> **DIRECTIONS FOR THIS TASK**: Using the records below, give again exactly the lines from the line that contains "pub fn scaled(&self) -> u64" through the line that contains "multiplies, and makes", both ends included, and only those.
━━━━━ INFORMATION GIVEN
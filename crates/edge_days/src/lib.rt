// The days at the edge, settled by the definitions alone.
#![tactic(auto)]

ghost use Rattle.edge_days.specs.EdgeDays.{EdgeDays};
ghost use Rattle.edge_days.specs.Files.{FileDays};

// The days at the edge are what docs/UPLIFT.md says of them, and as files they print what it says. It does nothing: its
// contract asks for the proof.
#[tactic(auto, using(crate::proofs::Stand::edge_days, crate::proofs::Prints::file_days))]
pub fn edge_days_stand()
    ensures days { EdgeDays }
    ensures files { FileDays }
{}
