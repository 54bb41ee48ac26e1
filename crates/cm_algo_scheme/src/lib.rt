//! Schemes: from the hash values of a key to an edge, and what its cells add up to; and what a function from keys to numbers is.
#![tactic(auto)]

mod answers;
mod built;
mod divisor;
mod scheme;

pub use crate::answers::{Answers, MOST_PLACES, Place, answer};
pub use crate::built::Built;
pub use crate::divisor::Divisor;
pub use crate::scheme::Scheme;
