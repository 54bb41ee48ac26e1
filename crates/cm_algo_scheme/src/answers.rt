//! What a function from keys to numbers is.
ghost use Rattle.std.specs.Prelude.{◌≡◌, ◌<◌, ◌≤◌, ◌∷◌, [], ℕ, List, Option, IfSome, length};
ghost use Rattle.cm_algo_scheme.specs.Answering.{ArePlaces, AnswersAll};
ghost use Rattle.cm_spec.specs.declared.limits.TheConstants.{MAX_VERTICES};

/// Where a function looks up the number of a key: the two or three vertices of the key's edge, counted from 0, and 0 in each further
/// number.
pub type Place = [u32; 4];

/// How many places are answered together at most.
pub const MOST_PLACES: usize = 32;

/// A function from keys to numbers below its span, in two steps: from a key to its place, and from the place to the number. If the
/// places of many keys are computed first, the cache misses of their cells overlap. No call takes memory.
pub trait Answers {
    ghost use Rattle.cm_algo_scheme.specs.declared.answers.TheConstants.{MOST_PLACES};

    /// The span: all numbers are below it.
    ghost span_of: { Self → ℕ };

    /// The place for the bytes of a key.
    ghost place_of: { Self → List ℕ → List ℕ };

    /// The number for the bytes of a key. A key that the function was not built over gets any number, or none.
    ghost answer_of: { Self → List ℕ → Option ℕ };

    /// The span: all numbers are below it. It is at most `MAX_VERTICES` of `cm_spec`.
    fn span(&self) -> u32
        ensures span { result ≡ span_of self.now }
        ensures few { result ≤ MAX_VERTICES };

    /// The place of a key.
    fn place(&self, key: &[u8]) -> Place
        ensures place { result ≡ place_of self.now key.now };

    /// The places of four keys, in their order. A function that hashes them at once is faster than by `place`.
    fn places_of_four(&self, p: &[u8], q: &[u8], r: &[u8], t: &[u8]) -> [Place; 4]
        ensures places { result ≡ place_of self.now p.now ∷ place_of self.now q.now ∷ place_of self.now r.now ∷ place_of self.now t.now ∷ [] }
    {
        [self.place(p), self.place(q), self.place(r), self.place(t)]
    }

    /// The number of each key of this place. None only for keys that the function was not built over.
    fn answer_at(&self, place: &Place) -> Option<u32>
        requires place { (key : List ℕ) × (place.now ≡ place_of self.now key) }
        ensures answer { (key : List ℕ) → place.now ≡ place_of self.now key → result ≡ answer_of self.now key }
        ensures inside { IfSome result (λ number. number < span_of self.now) };

    /// The numbers of the keys of these places, each where its place stands: what `answer_at` returns. There are at most `MOST_PLACES` places,
    /// and as many numbers. A function that reads one part of its memory for all keys, and then the next, is faster than by `answer_at`.
    fn answer_all(&self, places: &[Place], answers: &mut [Option<u32>])
        requires few { length places.now ≤ MOST_PLACES }
        requires room { length answers.old ≡ length places.now }
        requires places { ArePlaces (place_of self.now) places.now }
        ensures answers { AnswersAll (place_of self.now) (answer_of self.now) (span_of self.now) places.now answers.new }
    {
        for i in 0..places.len() {
            answers[i] = self.answer_at(&places[i]);
        }
    }
}

/// The number of a key. None only for keys that the function was not built over.
pub fn answer<A: Answers>(function: &A, key: &[u8]) -> Option<u32>
    ensures answer { result ≡ A.answer_of function.now key.now }
    ensures inside { IfSome result (λ number. number < A.span_of function.now) }
{
    let place = function.place(key);
    function.answer_at(&place)
}
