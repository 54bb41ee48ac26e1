//! Remainders by a fixed number, with multiplications in place of each division.
ghost use Rattle.std.specs.Prelude.{◌≡◌, ◌↔◌, ℕ, ◌/◌, ◌%◌, ◌^◌, ◌<◌, IfSome, IsSome};

use std::marker::Model;

/// A number from 1 to `2^32 - 1` to take remainders by. Its reciprocal is kept beside it, so that a remainder costs two
/// multiplications and no division (Barrett 1986, "Implementing the Rivest Shamir and Adleman public key encryption algorithm on
/// a standard digital signal processor"). Clauses see the number.
#[derive(Clone, Copy, Drop)]
pub struct Divisor {
    n: u32,
    // `2^32 / n`, rounded down.
    scaled: u64,
}

impl Model for Divisor {
    ghost Value = { ℕ };

    ghost view = { λ d. d.n };

    ghost invariant = { λ d. (0 < d.n) × (d.scaled ≡ 2 ^ 32 / d.n) };

    ghost inverse = { λ n. record { n = n; scaled = 2 ^ 32 / n } };
}

impl Divisor {
    /// Takes the reciprocal of `n`, which is not 0. This is the one division.
    pub fn new(n: u32) -> Divisor
        requires some { 0 < n }
        ensures value { result ≡ n }
    {
        Divisor {
            n,
            scaled: 4_294_967_296 / n as u64,
        }
    }

    /// The divisor of `n`, which is not 0, by its reciprocal `2^32 / n`, rounded down, as `scaled` gives it. Nothing is divided.
    pub fn again(n: u32, scaled: u64) -> Divisor
        requires some { 0 < n }
        requires scaled { scaled ≡ 2 ^ 32 / n }
        ensures value { result ≡ n }
    {
        Divisor { n, scaled }
    }

    /// The reciprocal: `2^32` divided by the number, rounded down, from 1 to `2^32`.
    pub fn scaled(&self) -> u64
        ensures scaled { result ≡ 2 ^ 32 / self.now }
    {
        self.scaled
    }

    /// The number `n`, if `scaled` is its reciprocal: `2^32 / n`, rounded down. None if it isn't, and if `n` is 0. It multiplies, and makes
    /// no division.
    #[inline]
    pub fn known(n: u32, scaled: u64) -> Option<Divisor>
        ensures value { IfSome result (λ d. d ≡ n) }
        ensures known { IsSome result ↔ ((0 < n) × (scaled ≡ 2 ^ 32 / n)) }
    {
        let whole = 4_294_967_296u64;
        if n == 0 || scaled > whole {
            return None;
        }
        let product = scaled * n as u64;
        if product <= whole && whole - product < n as u64 {
            Some(Divisor { n, scaled })
        } else {
            None
        }
    }

    /// The number itself.
    pub fn value(&self) -> u32
        ensures value { result ≡ self.now }
        ensures some { 0 < result }
    {
        self.n
    }

    /// The remainder of any `x` by this number, and so below it.
    #[inline]
    pub fn rem(&self, x: u32) -> u32
        ensures remainder { result ≡ x % self.now }
        ensures below { result < self.now }
    {
        let n = self.n as u64;
        // The quotient is the true one, or one less.
        let quotient = (x as u64 * self.scaled) >> 32;
        let left = x as u64 - quotient * n;
        // A difference below zero wraps around, and is then the greater of the two: no branch depends on the remainder.
        left.min(left.wrapping_sub(n)) as u32
    }

    /// The remainder of any `x` by this number. Divides only if `x` is `2^32` or more.
    #[inline]
    pub fn rem_wide(&self, x: u64) -> u32
        ensures remainder { result ≡ x % self.now }
        ensures below { result < self.now }
    {
        match u32::try_from(x) {
            Ok(small) => self.rem(small),
            Err(_) => (x % self.n as u64) as u32,
        }
    }
}
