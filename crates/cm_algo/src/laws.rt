//! A law of the residual graphs of keys.
ghost use Rattle.std.specs.Prelude.{◌≡◌, ◌≢◌, ℕ, ◌<◌, List, length, Contains};
ghost use Rattle.cm_spec.specs.Built.{graph_of, key_at};
ghost use Rattle.cm_spec.specs.Rounds.{rest_of};
ghost use Rattle.cm_spec.specs.Rule.{Rule};

/// The edges of equal keys lie in the 2-core under every seed.
pub fn equal_keys_are_left()
    ensures { (r : Rule) (keys : List (ℕ × List ℕ)) (c seed i j : ℕ) → i ≢ j → i < length keys → j < length keys → key_at keys i ≡ key_at keys j → Contains (rest_of (graph_of r keys c seed)) i }
{}
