//! Builds: from a pass of keys to the cells of the first seed that works, for any scheme, any table and any incidence.
#![tactic(auto)]

mod builds;
mod laws;

pub use crate::builds::build;
pub use crate::laws::equal_keys_are_left;
pub use cm_algo_cells::assign;
pub use cm_algo_scheme::{Answers, Built, Divisor, Place, Scheme, answer};
pub use cm_algo_seeds::{BuildFault, build_with, count_all};
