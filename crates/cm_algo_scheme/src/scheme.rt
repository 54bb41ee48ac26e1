//! What a scheme is.
ghost use Rattle.std.specs.Prelude.{◌≡◌, ℕ, Bool, false, List};
ghost use Rattle.cm_algo_names.specs.declared.algorithm.Algorithm.{Algorithm};
ghost use Rattle.cm_algo_scheme.specs.Kinds.{HasEnds};
ghost use Rattle.cm_spec.specs.Rule.{Rule, IsRule, IsCount, IsRatio, IsSize};

use crate::divisor::Divisor;
use cm_algo_names::Algorithm;
use cm_bits::Cells;

/// An algorithm: from the hash values of a key to an edge with `K` ends, and from the number of a key to what its cells add up to.
pub trait Scheme<const K: usize> {
    /// Where the cells are kept.
    type Table: Cells + Drop;

    /// All that the methods compute.
    ghost rule: { Self → Rule };

    /// The divisor for a number of vertices: ends are remainders by it.
    ghost divisor_of: { Self → ℕ → ℕ };

    /// The algorithm by its name.
    ghost algorithm_of: { Self → Algorithm };

    ghost KEEPS_TAGS: { Bool };

    /// Whether a build keeps the tag of each key, 4 bytes a key. If it keeps none, every tag is 0.
    const KEEPS_TAGS: bool;

    /// The algorithm whose functions are built.
    fn algorithm(&self) -> Algorithm
        ensures algorithm { result ≡ algorithm_of self.now };

    /// The number of vertices for `m` keys and the ratio `c` in millionths.
    fn size(&self, m: u32, c: u32) -> u32
        requires many { IsCount m }
        requires ratio { IsRatio c }
        ensures size { result ≡ (rule self.now).size m c };

    /// The divisor for `n` vertices: ends are remainders by it. It is computed once for many keys.
    fn divisor(&self, n: u32) -> Divisor
        requires size { IsSize (rule self.now) n }
        ensures divisor { result ≡ divisor_of self.now n };

    /// The ends of a key over `n` vertices, from its three hash values, with the divisor of these vertices.
    fn edge(&self, words: [u32; 3], n: u32, divisor: &Divisor) -> [u32; K]
        requires size { IsSize (rule self.now) n }
        requires divisor { divisor.now ≡ divisor_of self.now n }
        ensures edge { result ≡ (rule self.now).edge words n };

    /// What is kept of a key's hash values until the cells are set; 0 if nothing is kept.
    fn tag(&self, words: [u32; 3]) -> u32
        ensures tag { result ≡ (rule self.now).tag words };

    /// The modulus of sums of cells.
    fn modulus(&self, m: u32) -> u32
        requires many { IsCount m }
        ensures modulus { result ≡ (rule self.now).modulus m };

    /// The bound: all cells are below it.
    fn bound(&self, m: u32) -> u32
        requires many { IsCount m }
        ensures bound { result ≡ (rule self.now).bound m };

    /// The value of an untouched cell.
    fn idle(&self) -> u32
        ensures idle { result ≡ (rule self.now).idle };

    /// What the cells of a key's ends add up to, by its number, its pivot's position and its tag.
    fn target(&self, number: u32, position: u32, tag: u32) -> u32
        ensures target { result ≡ (rule self.now).target number position tag };

    // The rule keeps its laws, and the table serves its bound.
    ghost laws: { (s : Self) → IsRule K (rule s) };

    // Edges have as many ends as those of the algorithm.
    ghost ends: { (s : Self) → HasEnds K (algorithm_of s) };

    ghost bound_fits: { (s : Self) (m : ℕ) → IsCount m → Self.Table.fits ((rule s).bound m) };

    // A tag that isn't kept is 0.
    ghost untagged: { (s : Self) (words : List ℕ) → KEEPS_TAGS ≡ false → (rule s).tag words ≡ 0 };
}
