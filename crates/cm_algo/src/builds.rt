//! A build over many keys.
ghost use Rattle.std.specs.Prelude.{◌≡◌, ◌+◌, ◌*◌, ◌<◌, ◌≤◌, length, slice_index, IfOk, IfErr, None};
ghost use Rattle.std.specs.Option.{ForSome};
ghost use Rattle.cm_algo_seeds.specs.Builds.{IsBuilt, IsMade};
ghost use Rattle.cm_algo_seeds.specs.Fails.{FailsBuild, FoundEqual, HasBuildCause, IsFailure};
ghost use Rattle.cm_spec.specs.Rule.{IsRatio};

use cm_algo_scheme::{Built, Scheme};
use cm_algo_seeds::{BuildFault, build_first, build_later, certify};
use cm_graph_edges::{Incidence, Steps};
use cm_io::{KeyBuf, KeyPass};
use std::alloc::Global;
use std::sync::ledger::Ledger;

/// The cells of the first seed of a list whose graph has an empty 2-core. The keys are passed once to be counted, and once for each
/// seed that is tried. If the first seed leaves a 2-core, one more pass gathers its certificate, which is returned if no seed works; if
/// two of its keys are equal, no other seed is tried. The ratio `c` is in millionths. After a failure the keys may be rewound and used
/// again. `build` is for many keys: it gathers the certificate before the second seed, so that only one graph is in memory at a time.
pub fn build<S: Scheme<K>, I: Incidence<K> + Drop, P: KeyPass, const K: usize, L: Ledger>(
    alloc: Global,
    scheme: &S,
    keys: &mut P,
    c: u32,
    seeds: &[u32],
    steps: &mut Steps<L>,
) -> Result<Built<S::Table>, BuildFault>
    requires ratio { IsRatio c }
    requires some { 0 < length seeds.now }
    ensures told { P.told keys.new ≡ P.told keys.old }
    ensures cause { HasBuildCause (P.faults keys.old) (P.faults keys.new) result }
    ensures made { IfOk result (IsMade S.Table.bound_of S.Table.cells (S.rule scheme.now) c seeds.now) }
    ensures first { IfOk result (λ b. ForSome (P.told keys.old) (λ told. (told.fault ≡ None) × IsBuilt (S.rule scheme.now) told.keys c seeds.now b.m b.seed (S.Table.cells b.cells) K steps.old steps.new)) }
    ensures fault { IfErr result (λ e. ForSome (P.told keys.old) (λ told. FailsBuild (S.rule scheme.now) told c seeds.now e)) }
    ensures form { IfErr result (IsFailure P.KeyPass keys.new (S.algorithm_of scheme.now) (slice_index seeds.now 0)) }
    ensures steps { ForSome (P.told keys.old) (λ told. steps.new ≤ steps.old + 8 * (K * length told.keys) * length seeds.now) }
    ensures early { IfErr result (λ e. FoundEqual e → ForSome (P.told keys.old) (λ told. steps.new ≤ steps.old + 8 * (K * length told.keys))) }
{
    let mut key = KeyBuf::new();
    match build_first::<S, I, P, K, L>(alloc, scheme, keys, &mut key, c, seeds, steps)? {
        Ok(built) => Ok(built),
        Err(left) => {
            let m = left.edges.len();
            let certificate = certify::<S, P, K>(alloc, scheme, keys, &mut key, seeds[0], &left)?;
            drop(left);
            // Equal keys have equal edges, so that no other seed works.
            if !certificate.equal.is_empty() {
                return Err(BuildFault::Cored(certificate));
            }
            match build_later::<S, I, P, K, L>(alloc, scheme, keys, &mut key, m, c, seeds, steps)? {
                Some(later) => Ok(later),
                None => Err(BuildFault::Cored(certificate)),
            }
        }
    }
}
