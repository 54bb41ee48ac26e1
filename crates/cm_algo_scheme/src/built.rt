//! The result of a build.

/// A function's parts: the number of keys, the ratio in millionths, the seed and the cells.
#[derive(Drop)]
pub struct Built<T> {
    pub m: u32,
    pub c: u32,
    pub seed: u32,
    pub cells: T,
}
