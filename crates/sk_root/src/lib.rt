//! Whole square roots of numbers of up to 128 bits, rounded down and up.
#![tactic(auto)]

ghost use Rattle.std.specs.Prelude.{◌≡◌, ◌≤◌, ◌^◌};
ghost use Rattle.sk_root.specs.Roots.{floor_root, ceil_root, IsGreatestBelow, IsLeastAbove};

/// The root of `n`, rounded down.
#[tactic(auto, using(crate::proofs::RootLemmas::root_lemmas))]
pub fn root_floor(n: u128) -> u64
    ensures value { result ≡ floor_root n }
    ensures greatest { IsGreatestBelow n result }
{
    n.isqrt() as u64
}

/// The root of `n`, rounded up.
#[tactic(auto, using(crate::proofs::RootLemmas::root_lemmas))]
pub fn root_ceil(n: u128) -> u64
    requires { n ≤ 2 ^ 126 }
    ensures value { result ≡ ceil_root n }
    ensures least { IsLeastAbove n result }
{
    let root = n.isqrt();
    if root * root == n {
        root as u64
    } else {
        (root + 1) as u64
    }
}
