// What crosses to other languages as rows of numbers: records read from rows, and answers as the number of a refusal, or 0, and a row. No enum leaves the library.
#![tactic(auto)]

pub mod slices; // slices.rt: one slice
pub mod answers; // answers.rt: points, surfaces and their diagnostics
pub mod fits; // fits.rt: the settings and the answer of a fit, the limits of a cell

ghost use Rattle.std.specs.Prelude.{◌≡◌};
ghost use Rattle.refusals.specs.Numbers.{numbered, number_in};
ghost use Rattle.rows.specs.Told.{told_as};

use refusals::Refusal;

// The number of a refusal, or 0; and a value, which carries zeros where it is a refusal's.
#[derive(Clone, Copy)]
pub struct Answer<T> {
    pub number: u32,
    pub value: T,
}

// A value, or any number in its place, as they are told: `none` is the value beside such a number.
// Inlined, as `numbered` is: `port_total` takes 53 instructions without, and 43 so.
#[inline(always)]
pub fn told_number<T: Copy>(from: Result<T, u32>, none: T) -> Answer<T>
    ensures { result ≡ told_as none from }
{
    match from {
        Ok(value) => Answer { number: 0, value },
        Err(number) => Answer {
            number,
            value: none,
        },
    }
}

// A result with its refusal's number in place of its name.
#[inline(always)]
pub fn numbered<T: Copy>(from: Result<T, Refusal>) -> Result<T, u32>
    ensures { result ≡ numbered from }
{
    match from {
        Ok(value) => Ok(value),
        Err(refusal) => Err(refusal.number()),
    }
}

// A result as it is told: `none` is the value of a refusal.
pub fn told<T: Copy>(from: Result<T, Refusal>, none: T) -> Answer<T>
    ensures { result ≡ told_as none (numbered from) }
{
    told_number(numbered(from), none)
}

// The number of the refusal of a check, or 0.
pub fn number(check: Result<(), Refusal>) -> u32
    ensures { result ≡ number_in check }
{
    told(check, ()).number
}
━━━━━━━━━━
> **WRITTEN RESPONSE**:
    pub fn scaled(&self) -> u64
        ensures scaled { result ≡ 2 ^ 32 / self.now }
    {
        self.scaled
    }

    /// The number `n`, if `scaled` is its reciprocal: `2^32 / n`, rounded down. None if it isn't, and if `n` is 0. It multiplies, and makes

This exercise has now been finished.